● SUPPLIED RECORDS
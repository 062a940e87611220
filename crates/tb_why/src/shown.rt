//! What is shown of a run: its lines, and what they add to the summary.

ghost use Rattle.std.specs.Prelude.{◌≡◌, ◌<◌, ◌^◌, [], ◌∷◌, ◌++◌, OnOk};
ghost use Rattle.tb_items.specs.Happenings.{event_of, IsPage};
ghost use Rattle.tb_why.specs.ShownLines.{all_shown_lines, event_lines, shown_lines};
ghost use Rattle.tb_why.specs.ShownOf.{all_shown_of, shown_part, AreShownPages, IsShownPage};
ghost use Rattle.tb_why.specs.Summary.{after_event, after_shown, summed};
ghost use Rattle.tb_why.specs.SummaryLaws.{sheets_of};

use std::alloc::AllocError;
use std::marker::Model;
use tb_items::Happening;
use tb_node::Node;
use tb_pool::Lists;
use tb_report::put_sent;
use tb_story::Summary;
use tb_told::{Tale, put_tale};
use tb_trace::put_try;

/// What happened. It is a type of this crate, since the checker does not find the modules of what a [`Happening`] holds when
/// it fills in a type parameter. In contracts it is that [`Happening`].
#[derive(Clone, Copy)]
pub struct Happened {
    /// What happened.
    pub happening: Happening,
}

impl Model for Happened {
    ghost use Rattle.tb_items.specs.declared.happenings.Happening.{Happening};

    ghost Value = { Happening };

    ghost view = { λ h. h.happening };

    ghost inverse = { λ h. record { happening = h } };
}

/// What is told. It is a type of this crate, as [`Happened`] is. In contracts it is that [`Tale`].
#[derive(Clone, Copy)]
pub struct Telling {
    /// What is told.
    pub tale: Tale,
}

impl Model for Telling {
    ghost use Rattle.tb_told.specs.declared.Tale.{Tale};

    ghost Value = { Tale };

    ghost view = { λ t. t.tale };

    ghost inverse = { λ t. record { tale = t } };
}

/// One thing that is shown of a turn: something that happened, or that is told.
#[derive(Clone, Copy)]
pub enum Showing {
    /// A legal place was tried, or the output routine sent something.
    Happens(Happened),
    /// Something is told.
    Tells(Telling),
}

/// Appends what happened. It fails only if memory runs out.
pub(crate) fn show_happening(
    shown: &mut Vec<Showing>,
    happening: Happening,
) -> Result<(), AllocError>
    ensures { OnOk result (shown.new.items ≡ shown.old.items ++ Showing.Happens happening ∷ []) }
{
    shown.push(Showing::Happens(Happened { happening }))?;
    Ok(())
}

/// Appends what is told. It fails only if memory runs out.
pub(crate) fn show_tale(shown: &mut Vec<Showing>, tale: Tale) -> Result<(), AllocError>
    ensures { OnOk result (shown.new.items ≡ shown.old.items ++ Showing.Tells tale ∷ []) }
{
    shown.push(Showing::Tells(Telling { tale }))?;
    Ok(())
}

/// Appends the lines of what is shown, one after another. It fails only if memory runs out; a front of the lines may follow
/// what stood in `out` then.
pub fn put_shown(
    out: &mut Vec<u8>,
    store: &Lists<Node>,
    shown: &[Showing],
) -> Result<(), AllocError>
    requires pages { AreShownPages store.now shown.now }
    ensures { OnOk result (out.new.items ≡ out.old.items ++ all_shown_lines (all_shown_of store.now shown.now)) }
{
    for showing in shown {
        put_showing(out, store, showing)?;
    }
    Ok(())
}

fn put_showing(out: &mut Vec<u8>, store: &Lists<Node>, showing: &Showing) -> Result<(), AllocError>
    requires { IsShownPage store.now showing.now }
    ensures { OnOk result (out.new.items ≡ out.old.items ++ shown_lines (shown_part store.now showing.now)) }
{
    match showing {
        Showing::Happens(happened) => put_happening(out, store, &happened.happening),
        Showing::Tells(telling) => put_tale(out, &telling.tale),
    }
}

// The lines of what happened, as in a trace.
fn put_happening(
    out: &mut Vec<u8>,
    store: &Lists<Node>,
    happening: &Happening,
) -> Result<(), AllocError>
    requires { IsPage store.now happening.now }
    ensures { OnOk result (out.new.items ≡ out.old.items ++ event_lines (event_of store.now happening.now)) }
{
    match happening {
        Happening::Tried(tried) => put_try(out, tried),
        Happening::Sent(event) => put_sent(out, store, &event.sent),
    }
}

/// Takes what is shown into the summary, one after another. It fails only if memory runs out; nothing is promised of the
/// summary then.
pub fn note_shown(
    summary: &mut Summary,
    store: &Lists<Node>,
    shown: &[Showing],
) -> Result<(), AllocError>
    requires pages { AreShownPages store.now shown.now }
    requires few { sheets_of summary.old.sheets (all_shown_of store.now shown.now) < 2 ^ 63 }
    ensures { OnOk result (summary.new ≡ summed (all_shown_of store.now shown.now) summary.old) }
{
    for showing in shown {
        note_showing(summary, store, showing)?;
    }
    Ok(())
}

fn note_showing(
    summary: &mut Summary,
    store: &Lists<Node>,
    showing: &Showing,
) -> Result<(), AllocError>
    requires page { IsShownPage store.now showing.now }
    requires few { summary.old.sheets < 2 ^ 63 }
    ensures { OnOk result (summary.new ≡ after_shown (shown_part store.now showing.now) summary.old) }
{
    match showing {
        Showing::Happens(happened) => {
            note_happening(summary, store, &happened.happening);
            Ok(())
        }
        Showing::Tells(telling) => summary.note(&telling.tale),
    }
}

// A page that was shipped lands floats; a place that was tried changes nothing.
fn note_happening(summary: &mut Summary, store: &Lists<Node>, happening: &Happening)
    requires { IsPage store.now happening.now }
    ensures { summary.new ≡ after_event (event_of store.now happening.now) summary.old }
{
    match happening {
        Happening::Tried(_) => {}
        Happening::Sent(event) => summary.note_sent(store, &event.sent),
    }
}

● THE TASK
Print out the whole of the material exactly, line for line.

● REPLY
repository 062a940e87611220
filename crates/tb_why/src/shown.rt
//! What is shown of a run: its lines, and what they add to the summary.

ghost use Rattle.std.specs.Prelude.{◌≡◌, ◌<◌, ◌^◌, [], ◌∷◌, ◌++◌, OnOk};
ghost use Rattle.tb_items.specs.Happenings.{event_of, IsPage};
ghost use Rattle.tb_why.specs.ShownLines.{all_shown_lines, event_lines, shown_lines};
ghost use Rattle.tb_why.specs.ShownOf.{all_shown_of, shown_part, AreShownPages, IsShownPage};
ghost use Rattle.tb_why.specs.Summary.{after_event, after_shown, summed};
ghost use Rattle.tb_why.specs.SummaryLaws.{sheets_of};

use std::alloc::AllocError;
use std::marker::Model;
use tb_items::Happening;
use tb_node::Node;
use tb_pool::Lists;
use tb_report::put_sent;
use tb_story::Summary;
use tb_told::{Tale, put_tale};
use tb_trace::put_try;

/// What happened. It is a type of this crate, since the checker does not find the modules of what a [`Happening`] holds when
/// it fills in a type parameter. In contracts it is that [`Happening`].
#[derive(Clone, Copy)]
pub struct Happened {
    /// What happened.
    pub happening: Happening,
}

impl Model for Happened {
    ghost use Rattle.tb_items.specs.declared.happenings.Happening.{Happening};

    ghost Value = { Happening };

    ghost view = { λ h. h.happening };

    ghost inverse = { λ h. record { happening = h } };
}

/// What is told. It is a type of this crate, as [`Happened`] is. In contracts it is that [`Tale`].
#[derive(Clone, Copy)]
pub struct Telling {
    /// What is told.
    pub tale: Tale,
}

impl Model for Telling {
    ghost use Rattle.tb_told.specs.declared.Tale.{Tale};

    ghost Value = { Tale };

    ghost view = { λ t. t.tale };

    ghost inverse = { λ t. record { tale = t } };
}

/// One thing that is shown of a turn: something that happened, or that is told.
#[derive(Clone, Copy)]
pub enum Showing {
    /// A legal place was tried, or the output routine sent something.
    Happens(Happened),
    /// Something is told.
    Tells(Telling),
}

/// Appends what happened. It fails only if memory runs out.
pub(crate) fn show_happening(
    shown: &mut Vec<Showing>,
    happening: Happening,
) -> Result<(), AllocError>
    ensures { OnOk result (shown.new.items ≡ shown.old.items ++ Showing.Happens happening ∷ []) }
{
    shown.push(Showing::Happens(Happened { happening }))?;
    Ok(())
}

/// Appends what is told. It fails only if memory runs out.
pub(crate) fn show_tale(shown: &mut Vec<Showing>, tale: Tale) -> Result<(), AllocError>
    ensures { OnOk result (shown.new.items ≡ shown.old.items ++ Showing.Tells tale ∷ []) }
{
    shown.push(Showing::Tells(Telling { tale }))?;
    Ok(())
}

/// Appends the lines of what is shown, one after another. It fails only if memory runs out; a front of the lines may follow
/// what stood in `out` then.
pub fn put_shown(
    out: &mut Vec<u8>,
    store: &Lists<Node>,
    shown: &[Showing],
) -> Result<(), AllocError>
    requires pages { AreShownPages store.now shown.now }
    ensures { OnOk result (out.new.items ≡ out.old.items ++ all_shown_lines (all_shown_of store.now shown.now)) }
{
    for showing in shown {
        put_showing(out, store, showing)?;
    }
    Ok(())
}

fn put_showing(out: &mut Vec<u8>, store: &Lists<Node>, showing: &Showing) -> Result<(), AllocError>
    requires { IsShownPage store.now showing.now }
    ensures { OnOk result (out.new.items ≡ out.old.items ++ shown_lines (shown_part store.now showing.now)) }
{
    match showing {
        Showing::Happens(happened) => put_happening(out, store, &happened.happening),
        Showing::Tells(telling) => put_tale(out, &telling.tale),
    }
}

// The lines of what happened, as in a trace.
fn put_happening(
    out: &mut Vec<u8>,
    store: &Lists<Node>,
    happening: &Happening,
) -> Result<(), AllocError>
    requires { IsPage store.now happening.now }
    ensures { OnOk result (out.new.items ≡ out.old.items ++ event_lines (event_of store.now happening.now)) }
{
    match happening {
        Happening::Tried(tried) => put_try(out, tried),
        Happening::Sent(event) => put_sent(out, store, &event.sent),
    }
}

/// Takes what is shown into the summary, one after another. It fails only if memory runs out; nothing is promised of the
/// summary then.
pub fn note_shown(
    summary: &mut Summary,
    store: &Lists<Node>,
    shown: &[Showing],
) -> Result<(), AllocError>
    requires pages { AreShownPages store.now shown.now }
    requires few { sheets_of summary.old.sheets (all_shown_of store.now shown.now) < 2 ^ 63 }
    ensures { OnOk result (summary.new ≡ summed (all_shown_of store.now shown.now) summary.old) }
{
    for showing in shown {
        note_showing(summary, store, showing)?;
    }
    Ok(())
}

fn note_showing(
    summary: &mut Summary,
    store: &Lists<Node>,
    showing: &Showing,
) -> Result<(), AllocError>
    requires page { IsShownPage store.now showing.now }
    requires few { summary.old.sheets < 2 ^ 63 }
    ensures { OnOk result (summary.new ≡ after_shown (shown_part store.now showing.now) summary.old) }
{
    match showing {
        Showing::Happens(happened) => {
            note_happening(summary, store, &happened.happening);
            Ok(())
        }
        Showing::Tells(telling) => summary.note(&telling.tale),
    }
}

// A page that was shipped lands floats; a place that was tried changes nothing.
fn note_happening(summary: &mut Summary, store: &Lists<Node>, happening: &Happening)
    requires { IsPage store.now happening.now }
    ensures { summary.new ≡ after_event (event_of store.now happening.now) summary.old }
{
    match happening {
        Happening::Tried(_) => {}
        Happening::Sent(event) => summary.note_sent(store, &event.sent),
    }
}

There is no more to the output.